> **Input data**:
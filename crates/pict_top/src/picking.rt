// Runs with choices from a seed, and what is written of them.
ghost use Rattle.std.specs.Prelude.{◌≡◌, ◌≢◌, ◌≤◌, [], IfOk, IfSome, None, Err};
ghost use Rattle.pict_core.specs.Closed.{IsClosed};
ghost use Rattle.pict_core.specs.Configuration.{Configuration, IsConfiguration, opening};
ghost use Rattle.pict_core.specs.Plain.{plain_core};
ghost use Rattle.pict_pick.specs.Picked.{picked};
ghost use Rattle.pict_picker.specs.Picker.{IsPicker, view_of, channels_of};
ghost use Rattle.pict_reduction.specs.Reached.{NoFreeRunIsWrong};
ghost use Rattle.pict_seed.specs.Stream.{chosen};
ghost use Rattle.pict_top.specs.Changes.{change_of, GainedFront, FailedWithin};
ghost use Rattle.pict_top.specs.Picking.{PicksAndShows, recorded};
ghost use Rattle.pict_top.specs.Notes.{place_of, notes_in, EndsWithoutFuel};
ghost use Rattle.pict_top.specs.Printed.{Finished, Somehow};
ghost use Rattle.pict_view.specs.View.{StandsFor};

use crate::form::Form;
use crate::notes::{Note, Place, write_note};
use crate::print::write_some;
use pict_core::Core;
use pict_lower::lower;
use pict_machine::{End, RunError};
use pict_outside::Sink;
use pict_pick::Chooser;
use pict_picker::Picker;
use pict_syntax::{FUEL_LIMIT, Names};
use std::alloc::{AllocError, Global};

/// Runs a process twice with choices from a seed, for up to `fuel` steps: writes the choices, the line `trace`, and then the
/// trace by these names. No free run of the process may be wrong. On an error a beginning of that was written; `Sink` comes
/// only where the sink's count of faults rose.
pub fn record_picks<O: Sink>(
    alloc: Global,
    names: &Names,
    core: &Core,
    seed: u64,
    fuel: u64,
    out: &mut O,
) -> Result<End, RunError>
    requires closed { IsClosed (plain_core core.now) }
    requires fuel { fuel ≤ FUEL_LIMIT }
    requires right { NoFreeRunIsWrong (plain_core core.now) }
    ensures ran { IfOk result (λ end. Finished (PicksAndShows (plain_core core.now) seed fuel (recorded names.now)) end
        (change_of O.taken O.faults out.old out.new)) }
    ensures sink { result ≡ Err RunError.Sink → Somehow (PicksAndShows (plain_core core.now) seed fuel (recorded names.now))
        (FailedWithin (change_of O.taken O.faults out.old out.new)) }
    ensures memory { result ≡ Err RunError.Memory → Somehow (PicksAndShows (plain_core core.now) seed fuel (recorded names.now))
        (GainedFront (change_of O.taken O.faults out.old out.new)) }
    ensures faults_stay { O.faults out.old ≤ O.faults out.new }
{
    match run_picked(alloc, Note::Choice, names, core, seed, fuel, out) {
        Ok(_) => {}
        Err(error) => return Err(error),
    }
    match write_some(out, b"trace\n") {
        Ok(()) => {}
        Err(error) => return Err(error),
    }
    run_picked(alloc, Note::Shown(Form::Line), names, core, seed, fuel, out)
}

/// Runs a process with choices from a seed, for up to `fuel` steps, and writes `note` of each step right after it. No free run of
/// the process may be wrong. On an error a beginning of what is written of the run was written; `Sink` comes only where the
/// sink's count of faults rose.
pub fn run_picked<O: Sink>(
    alloc: Global,
    note: Note,
    names: &Names,
    core: &Core,
    seed: u64,
    fuel: u64,
    out: &mut O,
) -> Result<End, RunError>
    requires closed { IsClosed (plain_core core.now) }
    requires fuel { fuel ≤ FUEL_LIMIT }
    requires right { NoFreeRunIsWrong (plain_core core.now) }
    ensures ran { IfOk result (λ end. Finished (PicksAndShows (plain_core core.now) seed fuel (notes_in note names.now)) end
        (change_of O.taken O.faults out.old out.new)) }
    ensures sink { result ≡ Err RunError.Sink → Somehow (PicksAndShows (plain_core core.now) seed fuel (notes_in note names.now))
        (FailedWithin (change_of O.taken O.faults out.old out.new)) }
    ensures memory { result ≡ Err RunError.Memory → Somehow (PicksAndShows (plain_core core.now) seed fuel (notes_in note names.now))
        (GainedFront (change_of O.taken O.faults out.old out.new)) }
    ensures faults_stay { O.faults out.old ≤ O.faults out.new }
{
    let mut picker = match load_core(alloc, core) {
        Ok(picker) => picker,
        Err(AllocError) => return Err(RunError::Memory),
    };
    let mut chooser = Chooser::new(seed);
    let mut done = 0;
    while done < fuel {
        let place = match pick_place(&picker, &mut chooser) {
            Some(place) => place,
            None => return Ok(End::Done),
        };
        let did = match picker.step_choice(place.ready, place.partner) {
            Ok(did) => did,
            Err(AllocError) => return Err(RunError::Memory),
        };
        match did.trap() {
            Some(at) => return Ok(End::Trap(at)),
            None => {}
        }
        done += 1;
        match write_note(alloc, note, names, picker.heap(), place, done, &did, out) {
            Ok(()) => {}
            Err(error) => return Err(error),
        }
    }
    Ok(end_without_fuel(&picker))
}

/// The picker that is to run a closed process. The only error is want of memory.
fn load_core(alloc: Global, core: &Core) -> Result<Picker, AllocError>
    requires closed { IsClosed (plain_core core.now) }
    ensures kept { IfOk result (λ picker. IsPicker picker) }
    ensures stands { IfOk result (λ picker. StandsFor (view_of picker) (opening (plain_core core.now))) }
    ensures is { IfOk result (λ picker. IsConfiguration (opening (plain_core core.now))) }
    ensures channels { IfOk result (λ picker. channels_of picker ≡ 0) }
{
    let code = lower(alloc, core)?;
    Picker::load(alloc, code)
}

/// The place that the chooser picks: a ready process, and then one of its partners; nothing where none is ready.
fn pick_place(picker: &Picker, chooser: &mut Chooser) -> Option<Place>
    requires kept { IsPicker picker.now }
    ensures none { result ≡ None → (view_of picker.now).ready ≡ [] }
    ensures some { IfSome result (λ place. (view_of picker.now).ready ≢ []) }
    ensures picked { IfSome result (λ place. (C : Configuration) → StandsFor (view_of picker.now) C
        → picked C chooser.old ≡ (place_of place, chooser.new)) }
{
    let count = picker.ready_count();
    if count == 0 {
        return None;
    }
    let ready = chooser.choose(count);
    let partner = pick_partner(picker.partners(ready), chooser);
    Some(Place { ready, partner })
}

/// One of so many partners; 0 where there is none.
fn pick_partner(count: u64, chooser: &mut Chooser) -> u64
    ensures { (result, chooser.new) ≡ chosen count chooser.old }
{
    if count == 0 {
        return 0;
    }
    chooser.choose(count)
}

/// How a run ends that has no fuel left.
fn end_without_fuel(picker: &Picker) -> End
    ensures { EndsWithoutFuel (view_of picker.now).ready result }
{
    if picker.ready_count() == 0 {
        End::Done
    } else {
        End::FuelSpent
    }
}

> **Work task**:
Print out the entire listing above without any change.

> **Answer to this task**:
filename crates/pict_top/src/picking.rt
// Runs with choices from a seed, and what is written of them.
ghost use Rattle.std.specs.Prelude.{◌≡◌, ◌≢◌, ◌≤◌, [], IfOk, IfSome, None, Err};
ghost use Rattle.pict_core.specs.Closed.{IsClosed};
ghost use Rattle.pict_core.specs.Configuration.{Configuration, IsConfiguration, opening};
ghost use Rattle.pict_core.specs.Plain.{plain_core};
ghost use Rattle.pict_pick.specs.Picked.{picked};
ghost use Rattle.pict_picker.specs.Picker.{IsPicker, view_of, channels_of};
ghost use Rattle.pict_reduction.specs.Reached.{NoFreeRunIsWrong};
ghost use Rattle.pict_seed.specs.Stream.{chosen};
ghost use Rattle.pict_top.specs.Changes.{change_of, GainedFront, FailedWithin};
ghost use Rattle.pict_top.specs.Picking.{PicksAndShows, recorded};
ghost use Rattle.pict_top.specs.Notes.{place_of, notes_in, EndsWithoutFuel};
ghost use Rattle.pict_top.specs.Printed.{Finished, Somehow};
ghost use Rattle.pict_view.specs.View.{StandsFor};

use crate::form::Form;
use crate::notes::{Note, Place, write_note};
use crate::print::write_some;
use pict_core::Core;
use pict_lower::lower;
use pict_machine::{End, RunError};
use pict_outside::Sink;
use pict_pick::Chooser;
use pict_picker::Picker;
use pict_syntax::{FUEL_LIMIT, Names};
use std::alloc::{AllocError, Global};

/// Runs a process twice with choices from a seed, for up to `fuel` steps: writes the choices, the line `trace`, and then the
/// trace by these names. No free run of the process may be wrong. On an error a beginning of that was written; `Sink` comes
/// only where the sink's count of faults rose.
pub fn record_picks<O: Sink>(
    alloc: Global,
    names: &Names,
    core: &Core,
    seed: u64,
    fuel: u64,
    out: &mut O,
) -> Result<End, RunError>
    requires closed { IsClosed (plain_core core.now) }
    requires fuel { fuel ≤ FUEL_LIMIT }
    requires right { NoFreeRunIsWrong (plain_core core.now) }
    ensures ran { IfOk result (λ end. Finished (PicksAndShows (plain_core core.now) seed fuel (recorded names.now)) end
        (change_of O.taken O.faults out.old out.new)) }
    ensures sink { result ≡ Err RunError.Sink → Somehow (PicksAndShows (plain_core core.now) seed fuel (recorded names.now))
        (FailedWithin (change_of O.taken O.faults out.old out.new)) }
    ensures memory { result ≡ Err RunError.Memory → Somehow (PicksAndShows (plain_core core.now) seed fuel (recorded names.now))
        (GainedFront (change_of O.taken O.faults out.old out.new)) }
    ensures faults_stay { O.faults out.old ≤ O.faults out.new }
{
    match run_picked(alloc, Note::Choice, names, core, seed, fuel, out) {
        Ok(_) => {}
        Err(error) => return Err(error),
    }
    match write_some(out, b"trace\n") {
        Ok(()) => {}
        Err(error) => return Err(error),
    }
    run_picked(alloc, Note::Shown(Form::Line), names, core, seed, fuel, out)
}

/// Runs a process with choices from a seed, for up to `fuel` steps, and writes `note` of each step right after it. No free run of
/// the process may be wrong. On an error a beginning of what is written of the run was written; `Sink` comes only where the
/// sink's count of faults rose.
pub fn run_picked<O: Sink>(
    alloc: Global,
    note: Note,
    names: &Names,
    core: &Core,
    seed: u64,
    fuel: u64,
    out: &mut O,
) -> Result<End, RunError>
    requires closed { IsClosed (plain_core core.now) }
    requires fuel { fuel ≤ FUEL_LIMIT }
    requires right { NoFreeRunIsWrong (plain_core core.now) }
    ensures ran { IfOk result (λ end. Finished (PicksAndShows (plain_core core.now) seed fuel (notes_in note names.now)) end
        (change_of O.taken O.faults out.old out.new)) }
    ensures sink { result ≡ Err RunError.Sink → Somehow (PicksAndShows (plain_core core.now) seed fuel (notes_in note names.now))
        (FailedWithin (change_of O.taken O.faults out.old out.new)) }
    ensures memory { result ≡ Err RunError.Memory → Somehow (PicksAndShows (plain_core core.now) seed fuel (notes_in note names.now))
        (GainedFront (change_of O.taken O.faults out.old out.new)) }
    ensures faults_stay { O.faults out.old ≤ O.faults out.new }
{
    let mut picker = match load_core(alloc, core) {
        Ok(picker) => picker,
        Err(AllocError) => return Err(RunError::Memory),
    };
    let mut chooser = Chooser::new(seed);
    let mut done = 0;
    while done < fuel {
        let place = match pick_place(&picker, &mut chooser) {
            Some(place) => place,
            None => return Ok(End::Done),
        };
        let did = match picker.step_choice(place.ready, place.partner) {
            Ok(did) => did,
            Err(AllocError) => return Err(RunError::Memory),
        };
        match did.trap() {
            Some(at) => return Ok(End::Trap(at)),
            None => {}
        }
        done += 1;
        match write_note(alloc, note, names, picker.heap(), place, done, &did, out) {
            Ok(()) => {}
            Err(error) => return Err(error),
        }
    }
    Ok(end_without_fuel(&picker))
}

/// The picker that is to run a closed process. The only error is want of memory.
fn load_core(alloc: Global, core: &Core) -> Result<Picker, AllocError>
    requires closed { IsClosed (plain_core core.now) }
    ensures kept { IfOk result (λ picker. IsPicker picker) }
    ensures stands { IfOk result (λ picker. StandsFor (view_of picker) (opening (plain_core core.now))) }
    ensures is { IfOk result (λ picker. IsConfiguration (opening (plain_core core.now))) }
    ensures channels { IfOk result (λ picker. channels_of picker ≡ 0) }
{
    let code = lower(alloc, core)?;
    Picker::load(alloc, code)
}

/// The place that the chooser picks: a ready process, and then one of its partners; nothing where none is ready.
fn pick_place(picker: &Picker, chooser: &mut Chooser) -> Option<Place>
    requires kept { IsPicker picker.now }
    ensures none { result ≡ None → (view_of picker.now).ready ≡ [] }
    ensures some { IfSome result (λ place. (view_of picker.now).ready ≢ []) }
    ensures picked { IfSome result (λ place. (C : Configuration) → StandsFor (view_of picker.now) C
        → picked C chooser.old ≡ (place_of place, chooser.new)) }
{
    let count = picker.ready_count();
    if count == 0 {
        return None;
    }
    let ready = chooser.choose(count);
    let partner = pick_partner(picker.partners(ready), chooser);
    Some(Place { ready, partner })
}

/// One of so many partners; 0 where there is none.
fn pick_partner(count: u64, chooser: &mut Chooser) -> u64
    ensures { (result, chooser.new) ≡ chosen count chooser.old }
{
    if count == 0 {
        return 0;
    }
    chooser.choose(count)
}

/// How a run ends that has no fuel left.
fn end_without_fuel(picker: &Picker) -> End
    ensures { EndsWithoutFuel (view_of picker.now).ready result }
{
    if picker.ready_count() == 0 {
        End::Done
    } else {
        End::FuelSpent
    }
}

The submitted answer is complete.